Yep. Two monkeys, one football.

Maj P   ·  August 19, 2006 08:55 AM

no ad-hoc force blue-helmeted do-gooders will have the slightest effect

Of course they'll have an effect; by their service as human shields, they'll make it harder (at least politically) to counterattack against Hezbollah. Yes?

jaed   ·  August 19, 2006 05:09 PM

Y'see, the thing is, if the French were actually committing a couple thousand troops for UNIFIL I would be fairly confident that somethign would get done. Say what you want about the French, when they actually do decide to fight they tend to do so pretty well, and they wouldn't put up with a bunch of toughs in kaffiyas telling them what to do.

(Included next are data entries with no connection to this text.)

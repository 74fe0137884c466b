//! The edges of a graph, to be read from a node down to its inputs and up to its dependants.
ghost use Rattle.std.specs.Prelude.{◌≡◌, ◌<◌, All, length, IfOk, OnOk};
ghost use Rattle.nd_graph.specs.Graphs.{nodes_of, rows_of};
ghost use Rattle.nd_graph.specs.Walks.{inputs_of, AreInRange};
ghost use Rattle.nd_failure.specs.Reversed.{AreDependants, AreReversed, AddsDependant};

use nd_flags::{Lists, Rows};
use nd_graph::{Graph, Input};
use std::alloc::{AllocError, Global};
use std::marker::Model;

/// How many inputs the nodes have in all.
fn count_inputs(graph: &Graph) -> usize {
    let mut count = 0usize;
    for node in 0..graph.len() {
        count = count.saturating_add(graph.inputs(node).len());
    }
    count
}

/// Puts the nodes that inputs name in the place of those that are there.
fn list_nodes(nodes: &mut Vec<usize>, inputs: &[Input]) -> Result<(), AllocError>
    ensures { OnOk result (nodes.new.items ≡ nodes_of inputs.now) }
{
    nodes.clear();
    for input in inputs {
        nodes.push(input.node)?;
    }
    Ok(())
}

/// The inputs of each node of a graph.
pub(crate) fn input_rows(alloc: Global, graph: &Graph) -> Result<Rows, AllocError>
    ensures rows { IfOk result (λ rows. rows ≡ rows_of graph.now) }
    ensures ranged { OnOk result (AreInRange (rows_of graph.now)) }
{
    let mut rows = Rows::with_capacity(alloc, graph.len(), count_inputs(graph))?;
    let mut nodes = Vec::new(alloc);
    for node in 0..graph.len() {
        list_nodes(&mut nodes, graph.inputs(node))?;
        rows.add(nodes.as_slice())?;
    }
    Ok(rows)
}

/// Adds a node to the list of each of its inputs.
fn add_dependant(back: &mut Lists, node: usize, inputs: &[usize]) -> Result<(), AllocError>
    requires { All (λ c. c < length back.old) inputs.now }
    ensures { OnOk result (AddsDependant node inputs.now back.old back.new) }
{
    for input in inputs {
        back.push(*input, node)?;
    }
    Ok(())
}

/// For each node the nodes that have it in their lists.
fn reversed(alloc: Global, rows: &Rows) -> Result<Lists, AllocError>
    requires { AreInRange rows.now }
    ensures { IfOk result (λ back. AreReversed rows.now back) }
{
    let mut back = Lists::empty(alloc, rows.len())?;
    for node in 0..rows.len() {
        add_dependant(&mut back, node, rows.row(node))?;
    }
    Ok(back)
}

/// The edges of a graph, seen by contracts as the inputs of each node.
#[derive(Drop, Debug, Clone)]
pub struct Edges {
    inputs: Rows,
    dependants: Lists,
}

impl Model for Edges {
    ghost use Rattle.std.specs.Prelude.{List, ℕ};

    ghost Value = { List (List ℕ) };

    ghost use Rattle.nd_failure.specs.Reversed.{AreReversed};
    ghost use Rattle.nd_graph.specs.Walks.{AreInRange};

    ghost view = { λ edges. edges.inputs };

    ghost invariant = { λ edges. AreReversed edges.inputs edges.dependants × AreInRange edges.inputs };
}

impl Edges {
    /// The edges of a graph.
    pub(crate) fn new(alloc: Global, graph: &Graph) -> Result<Edges, AllocError>
        ensures { IfOk result (λ edges. edges ≡ rows_of graph.now) }
    {
        Edges::of_inputs(alloc, input_rows(alloc, graph)?)
    }

    /// The edges with these inputs.
    fn of_inputs(alloc: Global, inputs: Rows) -> Result<Edges, AllocError>
        requires { AreInRange inputs }
        ensures { IfOk result (λ edges. edges ≡ inputs) }
    {
        let dependants = reversed(alloc, &inputs)?;
        Ok(Edges { inputs, dependants })
    }

    /// Equal edges.
    pub(crate) fn try_clone(&self) -> Result<Edges, AllocError>
        ensures { IfOk result (λ copy. copy ≡ self.now) }
    {
        self.clone()
    }

    /// The number of nodes.
    pub fn len(&self) -> usize
        ensures { result ≡ length self.now }
    {
        self.inputs.len()
    }

    /// The inputs of a node.
    pub(crate) fn inputs(&self, node: usize) -> &[usize]
        requires { node < length self.now }
        ensures { result.now ≡ inputs_of self.now node }
    {
        self.inputs.row(node)
    }

    /// The nodes that have a node among their inputs, each as often as it has it there.
    pub fn dependants(&self, node: usize) -> &[usize]
        requires { node < length self.now }
        ensures { AreDependants self.now node result.now }
    {
        self.dependants.list(node)
    }
}
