//! Statuses and their counts.
ghost use Rattle.std.specs.Prelude.{◌≡◌, ◌<◌, ◌+◌, ◌^◌};
ghost use Rattle.nd_failure.specs.Statuses.{total_of};
ghost use Rattle.nd_failure.specs.Tallied.{count_in, IsLess, IsMore, IsMoved};

/// What has been recorded of a node: nothing, or that it is in one of the three sets of a board.
#[derive(Clone, Copy, Debug, PartialEq, Eq)]
pub enum Mark {
    /// In none of the sets.
    Free,
    /// It is leased: some machine has it.
    Leased,
    /// It is built.
    Built,
    /// It has failed, or there is no builder for it.
    Failed,
}

/// What becomes of a node.
#[derive(Clone, Copy, Debug, PartialEq, Eq)]
pub enum Status {
    /// It may still be begun.
    Waiting,
    /// It is leased: some machine has it.
    Leased,
    /// It is built.
    Built,
    /// It has failed, or there is no builder for it.
    Failed,
    /// It was not begun and never will be.
    Cancelled,
}

/// How many nodes have each status.
#[derive(Clone, Copy, Debug, PartialEq, Eq)]
pub struct Counts {
    pub waiting: usize,
    pub leased: usize,
    pub built: usize,
    pub failed: usize,
    pub cancelled: usize,
}

impl Counts {
    /// The five numbers together; those of a board sum to the number of its nodes.
    pub fn total(&self) -> usize
        requires { total_of self.now < 2 ^ 64 }
        ensures { result ≡ total_of self.now }
    {
        self.waiting + self.leased + self.built + self.failed + self.cancelled
    }

    /// Counts of `nodes` nodes that all wait.
    pub(crate) fn all_waiting(nodes: usize) -> Counts
        ensures { result ≡ record { waiting = nodes; leased = 0; built = 0; failed = 0; cancelled = 0 } }
    {
        Counts {
            waiting: nodes,
            leased: 0,
            built: 0,
            failed: 0,
            cancelled: 0,
        }
    }

    /// One node fewer has this status.
    pub(crate) fn take(&mut self, status: Status)
        requires { 0 < count_in status self.old }
        ensures { IsLess status self.old self.new }
    {
        match status {
            Status::Waiting => self.waiting -= 1,
            Status::Leased => self.leased -= 1,
            Status::Built => self.built -= 1,
            Status::Failed => self.failed -= 1,
            Status::Cancelled => self.cancelled -= 1,
        }
    }

    /// One node more has this status.
    pub(crate) fn add(&mut self, status: Status)
        requires { total_of self.old + 1 < 2 ^ 64 }
        ensures { IsMore status self.old self.new }
    {
        match status {
            Status::Waiting => self.waiting += 1,
            Status::Leased => self.leased += 1,
            Status::Built => self.built += 1,
            Status::Failed => self.failed += 1,
            Status::Cancelled => self.cancelled += 1,
        }
    }

    /// One node has another status than before.
    #[tactic(auto, using(crate::proofs::TallyFacts::moved_from, crate::proofs::TallyFacts::total_of_less))]
    pub(crate) fn change(&mut self, was: Status, becomes: Status)
        requires some { 0 < count_in was self.old }
        requires sized { total_of self.old < 2 ^ 64 }
        ensures { IsMoved was becomes self.old self.new }
    {
        self.take(was);
        self.add(becomes);
    }
}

With UNIFIL led by Malaysians and Indonesians though, you know that absolutely nothing is actually going to get done.

William Scharf   ·  August 19, 2006 11:43 PM

Will southern Lebanon be a terrorist stronghold and thus the main battlefield in a continuous war?

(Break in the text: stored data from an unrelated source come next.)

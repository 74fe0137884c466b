//! How many inputs of each node aren't built.
ghost use Rattle.std.specs.Prelude.{◌≡◌, ◌<◌, ◌≤◌, ◌+◌, ◌-◌, ◌==◌, ℕ, length, slice_set, nat_eq, map, All, IfOk};
ghost use Rattle.std.specs.List.{slice_index_or, count_by};
ghost use Rattle.nd_failure.specs.Kept.{AreWoken, AreZero};

use crate::edges::Edges;
use nd_flags::NodeSet;
use std::alloc::{AllocError, Global};
use std::marker::Model;

/// The number of inputs of each node that aren't built.
#[derive(Drop, Debug, Clone)]
pub struct UnbuiltInputs {
    counts: Vec<usize>,
}

impl Model for UnbuiltInputs {
    ghost use Rattle.std.specs.Prelude.{List, ℕ};

    ghost Value = { List ℕ };

    ghost view = { λ unbuilt. unbuilt.counts.items };
}

impl UnbuiltInputs {
    /// The counters where nothing is built.
    pub(crate) fn new(alloc: Global, edges: &Edges) -> Result<UnbuiltInputs, AllocError>
        ensures { IfOk result (λ made. made ≡ map length edges.now) }
    {
        let mut counts = Vec::with_capacity(alloc, edges.len())?;
        for node in 0..edges.len() {
            counts.push(edges.inputs(node).len())?;
        }
        Ok(UnbuiltInputs { counts })
    }

    /// The nodes whose inputs are all built.
    pub(crate) fn nodes_with_none(&self, alloc: Global) -> Result<NodeSet, AllocError>
        ensures { IfOk result (λ nodes. AreZero self.now nodes) }
    {
        let mut nodes = NodeSet::new(alloc, self.counts.len())?;
        for node in 0..self.counts.len() {
            if self.is_none(node) {
                nodes.insert(node);
            }
        }
        Ok(nodes)
    }

    /// Equal counters.
    pub(crate) fn try_clone(&self) -> Result<UnbuiltInputs, AllocError>
        ensures { IfOk result (λ copy. copy ≡ self.now) }
    {
        self.clone()
    }

    /// Whether every input of a node is built.
    pub(crate) fn is_none(&self, node: usize) -> bool
        requires { node < length self.now }
        ensures { result ≡ (slice_index_or self.now node 0 == 0) }
    {
        self.counts[node] == 0
    }

    /// One input of a node is built.
    fn lower(&mut self, node: usize)
        requires { 0 < slice_index_or self.old node 0 }
        ensures { self.new ≡ slice_set self.old node (slice_index_or self.old node 0 - 1) }
    {
        self.counts[node] -= 1;
    }

    /// One input of each of `nodes` is built.
    pub(crate) fn lower_all(&mut self, nodes: &[usize])
        requires { (d : ℕ) → count_by (nat_eq d) nodes.now ≤ slice_index_or self.old d 0 }
        ensures sized { length self.new ≡ length self.old }
        ensures lowered { (d : ℕ) → slice_index_or self.new d 0 + count_by (nat_eq d) nodes.now ≡ slice_index_or self.old d 0 }
    {
        for node in nodes {
            self.lower(*node);
        }
    }
}

/// Puts those of `nodes` into the set whose inputs are all built.
pub(crate) fn wake(ready: &mut NodeSet, unbuilt: &UnbuiltInputs, nodes: &[usize])
    requires in_range { All (λ d. d < length ready.old) nodes.now }
    requires sized { length unbuilt.now ≡ length ready.old }
    ensures { AreWoken nodes.now unbuilt.now ready.old ready.new }
{
    for node in nodes {
        if unbuilt.is_none(*node) {
            ready.insert(*node);
        }
    }
}
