//! The statuses of a graph's nodes, and how a failure spreads over those that depend on it.
#![tactic(auto)]

mod board;
mod edges;
pub mod plain;
mod spread;
mod status;
mod unbuilt;

pub use board::Board;
pub use edges::Edges;
pub use status::{Counts, Mark, Status};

If the reaction of the Arab street is anything to go by there is more support for Hezbollah's approach to things than anything the UN and the rest of the world could provide as an alternative. There is lots of young cannon fodder available to feed the jihad. The Muslim Brotherhood wants to join it too.

Peace? Naa

Kolya   ·  August 20, 2006 10:11 AM

I don't understand how the UN can vote for a cease fire and a 15000 troop peacekeeping force, and then have all of it's members say "Oh I thought YOU were going to supply the force." Add on top of that whatever difficulties will result from 15000 disjointed troops. They won't share the same language, or commanders, or be formed as a cohesive whole with the separate parts comming together for 1 purpose. And I've still doubted that they will be willing to shoot to do their job, which renders them useless. I doubt we will see the full 15k arrive before a significant resumption of fighting.

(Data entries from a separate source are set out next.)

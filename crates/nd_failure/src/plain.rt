//! The statuses of a graph's nodes, found by searching the nodes.
ghost use Rattle.std.specs.Prelude.{◌≡◌, ◌<◌, ◌⊎◌, ℕ, All, Contains, true, false, slice_set, length, MatchBool, IfOk};
ghost use Rattle.nd_graph.specs.Graphs.{rows_of};
ghost use Rattle.nd_graph.specs.Walks.{IsOrder};
ghost use Rattle.nd_failure.specs.Progress.{IsReady, IsStopped, HasFailure, untouched};
ghost use Rattle.nd_failure.specs.Statuses.{HasStatus, CanFail, AreCounts, IsNextReady, total_of};
ghost use Rattle.nd_failure.specs.Plain.{HasFailedInput, AreBuilt, AreSound};
ghost use Rattle.nd_failure.specs.Kept.{AreDoomed};

use crate::edges::input_rows;
use crate::status::{Counts, Mark, Status};
use nd_flags::{NodeSet, Rows};
use nd_graph::Graph;
use std::alloc::{AllocError, Global};
use std::marker::Model;

/// Whether an input has failed or has a failed node below.
fn has_failed_input(inputs: &[usize], marks: &[Mark], doomed: &NodeSet) -> bool
    requires in_range { All (λ c. c < length marks.now) inputs.now }
    requires sized { length doomed.now ≡ length marks.now }
    ensures { MatchBool result (HasFailedInput inputs.now marks.now doomed.now) (HasFailedInput inputs.now marks.now doomed.now → ⊥) }
{
    for input in inputs {
        if matches!(marks[*input], Mark::Failed) || doomed.contains(*input) {
            return true;
        }
    }
    false
}

/// Whether all inputs are built.
fn are_built(inputs: &[usize], marks: &[Mark]) -> bool
    requires { All (λ c. c < length marks.now) inputs.now }
    ensures { MatchBool result (AreBuilt inputs.now marks.now) (AreBuilt inputs.now marks.now → ⊥) }
{
    for input in inputs {
        if !matches!(marks[*input], Mark::Built) {
            return false;
        }
    }
    true
}

/// Puts all nodes that have a failed one below into the set: one walk up from the inputs.
fn find_doomed(inputs: &Rows, order: &[usize], marks: &[Mark], doomed: &mut NodeSet)
    requires order { IsOrder inputs.now order.now }
    requires marked { length marks.now ≡ length inputs.now }
    requires sound { AreSound inputs.now marks.now doomed.old }
    ensures { AreDoomed inputs.now marks.now doomed.new }
{
    for node in order {
        if has_failed_input(inputs.row(*node), marks, doomed) {
            doomed.insert(*node);
        }
    }
}

/// The statuses of a graph's nodes, as `Board` has them.
///
/// It keeps the three sets of nodes as marks, and which nodes have a failed one below; all else is found by a search over the
/// nodes. Only `new` and `try_clone` take memory.
#[derive(Drop, Debug)]
pub struct PlainBoard {
    inputs: Rows,
    /// The nodes, each after its inputs.
    order: Vec<usize>,
    keep_going: bool,
    stop: bool,
    marks: Vec<Mark>,
    doomed: NodeSet,
}

impl Model for PlainBoard {
    ghost use Rattle.nd_failure.specs.Progress.{Progress};

    ghost Value = { Progress };

    ghost use Rattle.nd_failure.specs.PlainParts.{IsPlain};

    ghost view = { λ b. record { inputs = b.inputs; keep_going = b.keep_going; marks = b.marks.items; stop = b.stop } };

    ghost invariant = { IsPlain };
}

impl PlainBoard {
    /// The board of a graph on which nothing has happened yet; with `keep_going`, a failure cancels only what depends on it.
    pub fn new(alloc: Global, graph: &Graph, keep_going: bool) -> Result<PlainBoard, AllocError>
        ensures { IfOk result (λ board. board ≡ untouched (rows_of graph.now) keep_going) }
    {
        Ok(PlainBoard {
            inputs: input_rows(alloc, graph)?,
            order: Vec::from_slice(alloc, graph.order())?,
            keep_going,
            stop: false,
            marks: vec![in alloc; Mark::Free; graph.len()]?,
            doomed: NodeSet::new(alloc, graph.len())?,
        })
    }

    /// An equal board.
    pub fn try_clone(&self, alloc: Global) -> Result<PlainBoard, AllocError>
        ensures { IfOk result (λ copy. copy ≡ self.now) }
    {
        Ok(PlainBoard {
            inputs: self.inputs.try_clone()?,
            order: Vec::from_slice(alloc, self.order.as_slice())?,
            keep_going: self.keep_going,
            stop: self.stop,
            marks: Vec::from_slice(alloc, self.marks.as_slice())?,
            doomed: self.doomed.try_clone(alloc)?,
        })
    }

    /// Node `i`, which is ready, is leased.
    pub fn leased(&mut self, i: usize)
        requires { IsReady self.old i }
        ensures { self.new ≡ record self.old { marks = slice_set self.old.marks i Mark.Leased } }
    {
        self.marks[i] = Mark::Leased;
    }

    /// The lease of node `i` is given back: it was not begun.
    pub fn back(&mut self, i: usize)
        requires { HasStatus self.old i Status.Leased }
        ensures { self.new ≡ record self.old { marks = slice_set self.old.marks i Mark.Free } }
    {
        self.marks[i] = Mark::Free;
    }

    /// Node `i`, which is leased, is built.
    pub fn built(&mut self, i: usize)
        requires { HasStatus self.old i Status.Leased }
        ensures { self.new ≡ record self.old { marks = slice_set self.old.marks i Mark.Built } }
    {
        self.marks[i] = Mark::Built;
    }

    /// Node `i` fails, which is leased, or is ready and has no builder.
    pub fn failed(&mut self, i: usize)
        requires { CanFail self.old i }
        ensures { self.new ≡ record self.old { marks = slice_set self.old.marks i Mark.Failed } }
    {
        self.marks[i] = Mark::Failed;
        find_doomed(
            &self.inputs,
            self.order.as_slice(),
            self.marks.as_slice(),
            &mut self.doomed,
        );
    }

    /// No further lease is made.
    pub fn stop(&mut self)
        ensures { self.new ≡ record self.old { stop = true } }
    {
        self.stop = true;
    }

    /// Whether some node has failed.
    fn has_failure(&self) -> bool
        ensures { MatchBool result (HasFailure self.now.marks) (HasFailure self.now.marks → ⊥) }
    {
        let marks = self.marks.as_slice();
        for mark in marks {
            if matches!(*mark, Mark::Failed) {
                return true;
            }
        }
        false
    }

    /// Whether no further lease is made: a stop was asked for, or a node has failed and the others don't go on.
    fn is_stopped(&self) -> bool
        ensures { MatchBool result (IsStopped self.now) (IsStopped self.now → ⊥) }
    {
        self.stop || (!self.keep_going && self.has_failure())
    }

    /// The status of node `i`.
    pub fn status(&self, i: usize) -> Status
        requires { i < length self.now.inputs }
        ensures { HasStatus self.now i result }
    {
        match self.marks[i] {
            Mark::Leased => Status::Leased,
            Mark::Built => Status::Built,
            Mark::Failed => Status::Failed,
            Mark::Free if self.is_stopped() || self.doomed.contains(i) => Status::Cancelled,
            Mark::Free => Status::Waiting,
        }
    }

    /// How many nodes have each status.
    pub fn counts(&self) -> Counts
        ensures nodes { AreCounts self.now result }
        ensures sum { total_of result ≡ length self.now.inputs }
    {
        let mut counts = Counts::all_waiting(0);
        for i in 0..self.marks.len() {
            counts.add(self.status(i));
        }
        counts
    }

    /// Whether node `i` is ready.
    pub fn is_ready(&self, i: usize) -> bool
        requires { i < length self.now.inputs }
        ensures { MatchBool result (IsReady self.now i) (IsReady self.now i → ⊥) }
    {
        match self.status(i) {
            Status::Waiting => are_built(self.inputs.row(i), self.marks.as_slice()),
            _ => false,
        }
    }

    /// The least ready node that is not before `from`, which may be any number.
    pub fn first_ready(&self, from: usize) -> Option<usize>
        ensures { IsNextReady self.now from result }
    {
        for i in from..self.marks.len() {
            if self.is_ready(i) {
                return Some(i);
            }
        }
        None
    }
}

AnotherOpinion   ·  August 21, 2006 02:01 PM

I don't understand how the UN can vote for a cease fire and a 15000 troop peacekeeping force, and then have all of it's members say "Oh I thought YOU were going to supply the force." Add on top of that whatever difficulties will result from 15000 disjointed troops. They won't share the same language, or commanders, or be formed as a cohesive whole with the separate parts comming together for 1 purpose. And I've still doubted that they will be willing to shoot to do their job, which renders them useless. I doubt we will see the full 15k arrive before a significant resumption of fighting.

Sadly, I don't think the appearances of victory favored Israel this time as it has (along with the actuality) in the past.